▶ [WHAT IS REQUIRED]
The answer is to be an exact copy of the lines below running from the line with "search from) m" down to the line with "is the law.", both ends included, and nothing more.

*-*-*

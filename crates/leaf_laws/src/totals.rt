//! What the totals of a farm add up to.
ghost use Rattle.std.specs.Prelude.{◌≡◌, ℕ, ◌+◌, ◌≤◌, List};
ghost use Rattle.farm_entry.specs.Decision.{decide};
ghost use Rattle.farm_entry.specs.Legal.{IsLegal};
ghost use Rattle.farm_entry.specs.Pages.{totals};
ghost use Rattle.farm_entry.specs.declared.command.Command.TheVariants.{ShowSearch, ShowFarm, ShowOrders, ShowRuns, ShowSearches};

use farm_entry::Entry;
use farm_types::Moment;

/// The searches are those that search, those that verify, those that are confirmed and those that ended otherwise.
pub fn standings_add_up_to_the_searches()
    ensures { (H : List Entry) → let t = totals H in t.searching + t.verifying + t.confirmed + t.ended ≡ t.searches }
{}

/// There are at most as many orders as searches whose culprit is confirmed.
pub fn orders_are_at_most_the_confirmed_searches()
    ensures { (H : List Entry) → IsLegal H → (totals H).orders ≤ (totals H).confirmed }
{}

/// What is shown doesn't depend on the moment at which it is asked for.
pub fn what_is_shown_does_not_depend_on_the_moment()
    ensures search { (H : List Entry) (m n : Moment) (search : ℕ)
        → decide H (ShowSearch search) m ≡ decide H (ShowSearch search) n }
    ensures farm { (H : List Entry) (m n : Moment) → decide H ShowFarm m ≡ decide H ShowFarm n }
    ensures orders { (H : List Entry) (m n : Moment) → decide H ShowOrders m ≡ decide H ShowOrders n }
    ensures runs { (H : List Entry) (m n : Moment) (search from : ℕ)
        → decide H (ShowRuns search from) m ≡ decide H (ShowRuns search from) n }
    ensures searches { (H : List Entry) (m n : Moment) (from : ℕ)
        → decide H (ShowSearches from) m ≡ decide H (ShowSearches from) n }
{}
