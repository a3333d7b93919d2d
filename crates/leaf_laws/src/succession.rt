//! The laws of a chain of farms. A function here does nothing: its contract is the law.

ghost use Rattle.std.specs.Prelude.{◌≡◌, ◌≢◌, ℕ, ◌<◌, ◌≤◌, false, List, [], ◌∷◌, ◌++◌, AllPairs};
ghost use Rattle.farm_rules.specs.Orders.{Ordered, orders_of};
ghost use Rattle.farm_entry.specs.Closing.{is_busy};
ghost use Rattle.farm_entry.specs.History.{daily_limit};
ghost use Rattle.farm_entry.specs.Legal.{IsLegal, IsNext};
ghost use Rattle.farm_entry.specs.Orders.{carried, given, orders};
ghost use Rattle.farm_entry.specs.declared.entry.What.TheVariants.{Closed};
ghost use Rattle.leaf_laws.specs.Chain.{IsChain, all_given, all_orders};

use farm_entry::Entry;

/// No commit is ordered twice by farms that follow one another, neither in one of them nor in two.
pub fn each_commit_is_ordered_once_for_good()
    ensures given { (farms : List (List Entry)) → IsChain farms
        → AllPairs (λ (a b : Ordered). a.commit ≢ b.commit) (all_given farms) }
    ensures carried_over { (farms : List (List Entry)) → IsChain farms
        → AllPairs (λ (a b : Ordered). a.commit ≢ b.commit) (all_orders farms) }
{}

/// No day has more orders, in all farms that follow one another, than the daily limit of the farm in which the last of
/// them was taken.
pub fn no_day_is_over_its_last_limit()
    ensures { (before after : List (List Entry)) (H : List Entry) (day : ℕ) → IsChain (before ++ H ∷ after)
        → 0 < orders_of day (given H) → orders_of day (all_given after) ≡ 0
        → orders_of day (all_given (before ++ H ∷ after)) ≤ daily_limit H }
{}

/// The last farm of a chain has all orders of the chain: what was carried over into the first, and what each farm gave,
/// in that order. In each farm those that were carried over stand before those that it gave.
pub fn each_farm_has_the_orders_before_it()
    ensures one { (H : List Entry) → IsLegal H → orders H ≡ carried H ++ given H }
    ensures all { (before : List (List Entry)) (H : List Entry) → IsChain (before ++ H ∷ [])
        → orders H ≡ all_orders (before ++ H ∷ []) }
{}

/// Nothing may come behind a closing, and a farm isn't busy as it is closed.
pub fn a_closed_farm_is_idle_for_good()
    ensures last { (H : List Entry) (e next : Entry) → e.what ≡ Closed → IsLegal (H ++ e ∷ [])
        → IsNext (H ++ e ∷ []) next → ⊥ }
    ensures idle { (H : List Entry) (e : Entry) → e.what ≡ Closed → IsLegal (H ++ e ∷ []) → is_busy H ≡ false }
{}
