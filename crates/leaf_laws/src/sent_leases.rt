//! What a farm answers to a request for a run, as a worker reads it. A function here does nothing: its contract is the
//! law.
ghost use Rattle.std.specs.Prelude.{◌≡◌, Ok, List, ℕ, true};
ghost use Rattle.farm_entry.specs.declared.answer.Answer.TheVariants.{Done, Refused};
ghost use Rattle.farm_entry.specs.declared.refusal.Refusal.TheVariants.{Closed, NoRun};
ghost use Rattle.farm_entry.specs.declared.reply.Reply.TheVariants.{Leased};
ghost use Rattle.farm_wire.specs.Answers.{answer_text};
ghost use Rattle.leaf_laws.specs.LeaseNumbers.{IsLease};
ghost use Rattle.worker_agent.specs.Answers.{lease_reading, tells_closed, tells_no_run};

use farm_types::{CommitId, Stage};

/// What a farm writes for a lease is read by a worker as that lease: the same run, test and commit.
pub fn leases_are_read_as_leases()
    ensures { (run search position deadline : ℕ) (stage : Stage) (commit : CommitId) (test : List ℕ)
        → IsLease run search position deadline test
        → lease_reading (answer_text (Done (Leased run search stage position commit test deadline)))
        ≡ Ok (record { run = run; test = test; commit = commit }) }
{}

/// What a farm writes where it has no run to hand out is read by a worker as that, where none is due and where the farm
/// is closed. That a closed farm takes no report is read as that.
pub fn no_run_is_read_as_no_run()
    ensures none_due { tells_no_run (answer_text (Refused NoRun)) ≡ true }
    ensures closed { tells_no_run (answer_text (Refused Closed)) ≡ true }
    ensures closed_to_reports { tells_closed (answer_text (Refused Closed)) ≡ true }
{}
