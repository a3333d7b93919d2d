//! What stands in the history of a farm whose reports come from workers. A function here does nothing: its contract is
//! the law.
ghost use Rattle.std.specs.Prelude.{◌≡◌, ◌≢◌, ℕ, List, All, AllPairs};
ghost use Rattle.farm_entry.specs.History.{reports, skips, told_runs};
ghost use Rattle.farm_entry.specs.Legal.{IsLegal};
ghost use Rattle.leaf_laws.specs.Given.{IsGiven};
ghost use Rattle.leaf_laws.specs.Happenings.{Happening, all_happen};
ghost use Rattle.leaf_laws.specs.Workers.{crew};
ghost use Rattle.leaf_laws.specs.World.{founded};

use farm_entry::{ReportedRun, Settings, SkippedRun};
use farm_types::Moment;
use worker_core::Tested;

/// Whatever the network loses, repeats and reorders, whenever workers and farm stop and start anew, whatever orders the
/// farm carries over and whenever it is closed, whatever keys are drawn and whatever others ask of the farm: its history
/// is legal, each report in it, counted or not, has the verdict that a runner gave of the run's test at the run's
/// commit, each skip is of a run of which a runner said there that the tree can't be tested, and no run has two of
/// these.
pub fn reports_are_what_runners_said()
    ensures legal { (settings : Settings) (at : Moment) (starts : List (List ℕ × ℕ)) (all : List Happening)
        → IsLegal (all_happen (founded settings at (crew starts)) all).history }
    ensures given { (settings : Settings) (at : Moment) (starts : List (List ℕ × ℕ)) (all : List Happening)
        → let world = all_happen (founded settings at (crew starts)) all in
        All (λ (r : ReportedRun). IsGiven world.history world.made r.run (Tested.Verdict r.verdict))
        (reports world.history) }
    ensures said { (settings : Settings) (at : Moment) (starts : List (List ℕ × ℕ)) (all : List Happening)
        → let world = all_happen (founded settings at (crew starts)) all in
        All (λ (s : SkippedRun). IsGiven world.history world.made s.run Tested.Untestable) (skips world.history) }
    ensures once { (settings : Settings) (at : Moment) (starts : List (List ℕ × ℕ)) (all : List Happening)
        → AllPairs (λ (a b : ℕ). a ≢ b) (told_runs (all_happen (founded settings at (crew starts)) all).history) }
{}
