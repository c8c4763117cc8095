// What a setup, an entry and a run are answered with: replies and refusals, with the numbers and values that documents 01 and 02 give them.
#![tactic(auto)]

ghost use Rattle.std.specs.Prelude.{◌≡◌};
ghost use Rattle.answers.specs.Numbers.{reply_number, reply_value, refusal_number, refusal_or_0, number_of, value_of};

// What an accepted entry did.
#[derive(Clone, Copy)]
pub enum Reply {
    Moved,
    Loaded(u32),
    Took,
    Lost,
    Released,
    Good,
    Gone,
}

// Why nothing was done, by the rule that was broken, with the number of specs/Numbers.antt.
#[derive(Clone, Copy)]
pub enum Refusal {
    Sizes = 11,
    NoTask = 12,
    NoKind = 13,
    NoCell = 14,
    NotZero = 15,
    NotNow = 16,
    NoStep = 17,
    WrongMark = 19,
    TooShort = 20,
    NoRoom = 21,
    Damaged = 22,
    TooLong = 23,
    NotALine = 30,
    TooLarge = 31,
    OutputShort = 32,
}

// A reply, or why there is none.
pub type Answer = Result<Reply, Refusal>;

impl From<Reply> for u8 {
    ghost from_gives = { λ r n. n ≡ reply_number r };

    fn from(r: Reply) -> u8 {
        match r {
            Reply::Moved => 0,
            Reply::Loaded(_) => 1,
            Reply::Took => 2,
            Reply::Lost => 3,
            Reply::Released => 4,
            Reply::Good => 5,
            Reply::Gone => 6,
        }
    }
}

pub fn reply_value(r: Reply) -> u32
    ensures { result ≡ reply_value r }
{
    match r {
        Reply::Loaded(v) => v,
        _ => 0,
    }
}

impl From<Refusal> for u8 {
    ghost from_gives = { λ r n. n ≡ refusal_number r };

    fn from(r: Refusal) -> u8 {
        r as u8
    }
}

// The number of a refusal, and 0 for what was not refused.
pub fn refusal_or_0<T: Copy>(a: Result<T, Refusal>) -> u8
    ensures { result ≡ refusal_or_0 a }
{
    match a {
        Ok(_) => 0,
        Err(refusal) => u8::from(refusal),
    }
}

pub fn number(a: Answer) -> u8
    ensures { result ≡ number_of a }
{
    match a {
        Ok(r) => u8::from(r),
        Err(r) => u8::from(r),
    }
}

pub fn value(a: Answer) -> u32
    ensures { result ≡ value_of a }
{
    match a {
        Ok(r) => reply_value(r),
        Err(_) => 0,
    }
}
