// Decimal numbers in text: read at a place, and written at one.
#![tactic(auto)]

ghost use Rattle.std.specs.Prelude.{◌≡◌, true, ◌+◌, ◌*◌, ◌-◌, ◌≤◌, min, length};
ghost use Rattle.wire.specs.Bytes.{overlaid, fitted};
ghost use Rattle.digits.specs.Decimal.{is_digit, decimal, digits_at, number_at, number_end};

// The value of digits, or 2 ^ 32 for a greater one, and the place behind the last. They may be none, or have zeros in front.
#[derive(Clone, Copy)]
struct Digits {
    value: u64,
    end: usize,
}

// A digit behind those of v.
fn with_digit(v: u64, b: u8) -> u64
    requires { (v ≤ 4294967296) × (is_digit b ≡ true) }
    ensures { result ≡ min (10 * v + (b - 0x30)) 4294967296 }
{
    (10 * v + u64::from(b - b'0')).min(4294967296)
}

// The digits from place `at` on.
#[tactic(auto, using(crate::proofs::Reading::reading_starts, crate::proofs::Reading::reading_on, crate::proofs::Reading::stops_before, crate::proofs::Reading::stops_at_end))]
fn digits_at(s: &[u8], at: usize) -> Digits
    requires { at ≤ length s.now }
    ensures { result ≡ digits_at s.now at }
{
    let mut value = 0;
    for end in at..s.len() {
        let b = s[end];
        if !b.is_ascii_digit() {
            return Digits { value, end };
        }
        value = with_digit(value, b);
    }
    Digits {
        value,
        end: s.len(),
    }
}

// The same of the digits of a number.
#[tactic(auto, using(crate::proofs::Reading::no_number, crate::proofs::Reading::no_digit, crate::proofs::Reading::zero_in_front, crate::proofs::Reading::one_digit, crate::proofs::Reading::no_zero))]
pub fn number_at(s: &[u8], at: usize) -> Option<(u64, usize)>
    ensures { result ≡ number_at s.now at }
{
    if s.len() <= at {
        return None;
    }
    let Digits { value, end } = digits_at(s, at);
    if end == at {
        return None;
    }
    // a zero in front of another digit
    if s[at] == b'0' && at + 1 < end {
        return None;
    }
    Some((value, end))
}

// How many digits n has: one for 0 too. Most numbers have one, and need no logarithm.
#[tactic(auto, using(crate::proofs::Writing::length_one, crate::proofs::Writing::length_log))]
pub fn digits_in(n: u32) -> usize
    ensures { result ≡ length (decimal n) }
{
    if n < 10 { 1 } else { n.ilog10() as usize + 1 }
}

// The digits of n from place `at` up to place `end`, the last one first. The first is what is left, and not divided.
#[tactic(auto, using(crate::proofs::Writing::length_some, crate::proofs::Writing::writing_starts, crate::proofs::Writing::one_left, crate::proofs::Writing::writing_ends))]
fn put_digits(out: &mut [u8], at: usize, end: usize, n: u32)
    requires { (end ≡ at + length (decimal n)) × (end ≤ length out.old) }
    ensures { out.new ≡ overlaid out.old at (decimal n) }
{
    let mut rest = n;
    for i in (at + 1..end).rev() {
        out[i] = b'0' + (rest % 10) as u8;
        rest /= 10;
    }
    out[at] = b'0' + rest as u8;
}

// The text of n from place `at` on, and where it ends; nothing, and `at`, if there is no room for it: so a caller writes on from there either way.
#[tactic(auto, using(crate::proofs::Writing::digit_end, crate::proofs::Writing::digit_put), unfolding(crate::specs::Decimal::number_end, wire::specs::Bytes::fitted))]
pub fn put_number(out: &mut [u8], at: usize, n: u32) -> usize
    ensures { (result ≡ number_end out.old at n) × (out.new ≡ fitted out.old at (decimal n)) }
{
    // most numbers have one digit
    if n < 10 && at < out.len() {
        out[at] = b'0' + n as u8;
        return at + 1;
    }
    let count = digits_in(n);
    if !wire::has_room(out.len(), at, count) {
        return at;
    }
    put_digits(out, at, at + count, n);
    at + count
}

*-*-*

▶ [SOLUTION FOR THIS EXERCISE]
        → decide H (ShowRuns search from) m ≡ decide H (ShowRuns search from) n }
    ensures searches { (H : List Entry) (m n : Moment) (from : ℕ)
        → decide H (ShowSearches from) m ≡ decide H (ShowSearches from) n }
{}
repository a3333d7b93919d2d
filename crates/leaf_laws/src/succession.rt
//! The laws of a chain of farms. A function here does nothing: its contract is the law.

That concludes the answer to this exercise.